59 posts in this topic

On 4/21/2017 at 7:32 PM, larrytheimp said:

My parents have a newer Forester, it's great.  I test drove it, the Honda CRV, and the RAV4 when they were getting it and liked the Subaru the best.  I have a 1998 Impreza hatchback and as far as a vehicle that's safe in the snow, it's tough to find one better than a Subaru awd.  I liked the crv the next best but it felt a little flimsier.   Scoobydoos are  kind of the perfect car for the Northeast.  

I drive mine from the Hudson up 1,100 ft over 20 miles 6 days a week in the winter and with new snow tires the commute is fun no matter how bad the roads are.  Only vehicle i felt safer in the snow was my 1994 f450 dually because but that was because it was freaking huge.

 

On 4/21/2017 at 7:50 PM, Inigima said:

I've never driven a Forester but I used to have an Outback. Subarus are fucking awesome. Do it!

 

On 4/22/2017 at 1:41 AM, S John said:

I have always liked both foresters and outbacks. I have owned a pickup for almost 10 years (first a Nissan and now a GMC) and I get a good bit of use out of them so I'd like to keep one around no matter what, but if I add to the household motor pool I would look at an outback or forester for sure.  Good reputation, all wheel drive, good utility, can handle passengers, don't look too goofy.  I'd drive one.  

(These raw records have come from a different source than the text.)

// Appends, syncs, gets and whole replays of a journal of date marks, few and many items in one section, on both storages. The
// best of some rounds counts. Every call must be accepted.
use anyhow::anyhow;
use item::{DateMark, DayKind};
use journal::Journal;
use std::time::Instant;
use storage::{Pages, Slots, Storage};
use timing::Hundredths;

const ROUNDS: u64 = 7;

// A date mark and its header.
const FRAME: u64 = 6;

// What is done for one item takes so long.
#[derive(Clone, Copy)]
struct Costs {
    append: Hundredths,
    sync: Hundredths,
    get: Hundredths,
    replay: Hundredths,
}

const NEVER: Costs = Costs {
    append: Hundredths(u64::MAX),
    sync: Hundredths(u64::MAX),
    get: Hundredths(u64::MAX),
    replay: Hundredths(u64::MAX),
};

// Calls, one for each item; every one must be accepted.
fn each<F: FnMut(u64) -> bool>(
    rt: &HostRuntime,
    items: u64,
    call: F,
    refused: &str,
) -> anyhow::Result<Hundredths>
    requires { F.IsAlwaysCallable call }
{
    let start = Instant::now(rt)?;
    let taken = (0..items).all(call);
    let nanos = start.elapsed(rt)?.as_nanos();
    if !taken {
        return Err(anyhow!("{refused} was refused"));
    }
    Ok(Hundredths::each(nanos, items))
}

// From the opening to the finish.
fn replay_all<S: Storage + Drop>(
    rt: &HostRuntime,
    storage: S,
    items: u64,
    work: &mut [u8],
) -> anyhow::Result<(S, Hundredths)> {
    let start = Instant::now(rt)?;
    let mut replay = Journal::<DateMark, S>::init(storage).replay(0, 0);
    let mut item = None;
    let taken = (0..items).all(|_| matches!(replay.next(work, &mut item), Ok(Some(_))));
    let drained = matches!(replay.next(work, &mut item), Ok(None));
    let finished = replay.finish();
    let nanos = start.elapsed(rt)?.as_nanos();
    if !taken || !drained || finished.answer.is_err() {
        return Err(anyhow!("a replay was refused"));
    }
    Ok((finished.journal.close(), Hundredths::each(nanos, items)))
}

// One round on a storage without sections, which it leaves so.
fn round<S: Storage + Drop>(
    rt: &HostRuntime,
    storage: S,
    items: u64,
    best: Costs,
) -> anyhow::Result<(S, Costs)> {
    let Ok(mark) = DateMark::new(3, 9, DayKind::Birthday, 260) else {
        return Err(anyhow!("no mark"));
    };
    let mut buffer = [0u8; 10];
    let mut journal = Journal::<DateMark, S>::init(storage);
    // Every append is settled at once; a sync of what is settled would have nothing to do.
    let sync = each(
        rt,
        items,
        |_| journal.append(0, &mark, &mut buffer).is_ok() && journal.sync(&[0]).is_ok(),
        "an append or a sync",
    )?;
    let mut storage = journal.close();
    storage.remove(0);
    let mut journal = Journal::<DateMark, S>::init(storage);
    let append = each(
        rt,
        items,
        |_| journal.append(0, &mark, &mut buffer).is_ok(),
        "an append",
    )?;
    let mut item = None;
    let get = each(
        rt,
        items,
        |i| journal
            .get(0, i.saturating_mul(FRAME), &mut buffer, &mut item)
            .is_ok(),
        "a get",
    )?;
    let (mut storage, replay) = replay_all(rt, journal.close(), items, &mut buffer)?;
    storage.remove(0);
    let costs = Costs {
        append: best.append.min(append),
        sync: best.sync.min(sync),
        get: best.get.min(get),
        replay: best.replay.min(replay),
    };
    Ok((storage, costs))
}

fn print_costs(
    rt: &HostRuntime,
    name: &str,
    items: u64,
    costs: Costs,
    few: Costs,
) -> anyhow::Result<()> {
    print_call(rt, name, "append", items, costs.append, few.append)?;
    print_call(rt, name, "append and sync", items, costs.sync, few.sync)?;
    print_call(rt, name, "get", items, costs.get, few.get)?;
    print_call(rt, name, "replay", items, costs.replay, few.replay)
}

fn print_call(
    rt: &HostRuntime,
    name: &str,
    call: &str,
    items: u64,
    cost: Hundredths,
    few: Hundredths,
) -> anyhow::Result<()> {
    let percent = cost.percent_of(few);
    println!(rt; "{name} {call} of {items} items: {cost} ns an item, {percent} % of 1000 items")?;
    Ok(())
}

fn measure_storage<S: Storage + Drop>(
    rt: &HostRuntime,
    name: &str,
    mut storage: S,
) -> anyhow::Result<()> {
    let mut few = NEVER;
    let mut some = NEVER;
    let mut many = NEVER;
    for _ in 0..ROUNDS {
        (storage, few) = round(rt, storage, 1_000, few)?;
        (storage, some) = round(rt, storage, 10_000, some)?;
        (storage, many) = round(rt, storage, 100_000, many)?;
    }
    print_costs(rt, name, 1_000, few, few)?;
    print_costs(rt, name, 10_000, some, few)?;
    print_costs(rt, name, 100_000, many, few)
}

pub(crate) fn measure_all(rt: &HostRuntime) -> anyhow::Result<()> {
    let heap = rt.alloc();
    let area = vec![in heap; 0u8; 4_194_304]?;
    let slots = Slots::new(heap, area, 1).map_err(|_| anyhow!("no memory for slots"))?;
    measure_storage(rt, "slots", slots)?;
    let area = vec![in heap; 0u8; 1_048_576]?;
    let pages = Pages::new(heap, area).map_err(|_| anyhow!("no memory for pages"))?;
    measure_storage(rt, "pages", pages)
}
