// How long appends, syncs, gets and whole replays of a journal take, with few and with many items. Run by hand with the word
// `measure`; without it, as in the gate, it only says so.
#![tactic(auto)]

use std::env;

mod journals;

fn run(rt: &HostRuntime) -> anyhow::Result<()> {
    let mut args = env::args(rt)?;
    let _ = args.next();
    match args.next() {
        Some(word) if word.as_str() == "measure" => journals::measure_all(rt),
        _ => {
            rt.println("usage: bench_journals measure")?;
            Ok(())
        }
    }
}

fn main(rt: HostRuntime) -> anyhow::Result<()> {
    run(&rt)
}
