use crate::block::block_of;
use crate::change::{add_record, take_record};
use crate::few::Few;
use crate::heads::Heads;
use crate::pair::put_row;
use crate::place::{has_place, next_in, place_of};
use crate::row::{Row, ThinRow};
use crate::row_list::RowList;
use crate::run::{merged, sum_of, total_of};
use crate::series::{are_few, digits, pass_blocks, pass_single};
use crate::split::{
    add_in, before_in, copy_blocks, next_row_in, put_block, reserve_block, take_in,
};
use crate::stored::StoredRow;
use probe_core::Steps;
use std::alloc::Global;
use std::sync::ledger::{Blank, Ledger};
use texts::NoMemory;

/// A few rows in the table's own bytes, a short list of rows, or heads and blocks. Rows have totals of 32 bits, until a
/// total needs more.
#[derive(Drop)]
pub enum Form {
    Few(Few),
    Single(RowList<ThinRow>),
    Split(Box<Split<ThinRow>>),
    WideSingle(RowList<Row>),
    WideSplit(Box<Split<Row>>),
}

/// Blocks under their heads.
#[derive(Drop)]
pub struct Split<T: StoredRow> {
    pub heads: Heads,
    pub blocks: Vec<RowList<T>>,
}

I have to say though, if you don't have to haul around too many people, truck life is where it's at.  I love my truck.  Can carry 5 people comfortably, haul anything I might ever need to, can see over most traffic, and rides like an old man car.  

When I was a kid my grandpa had a crown vic.  Cruising in my truck reminds me of that.  Like being in a roomy pod, riding on a cloud.  #usa

You Subaru types have me looking at late nineties options. Does anyone know how many miles they can handle?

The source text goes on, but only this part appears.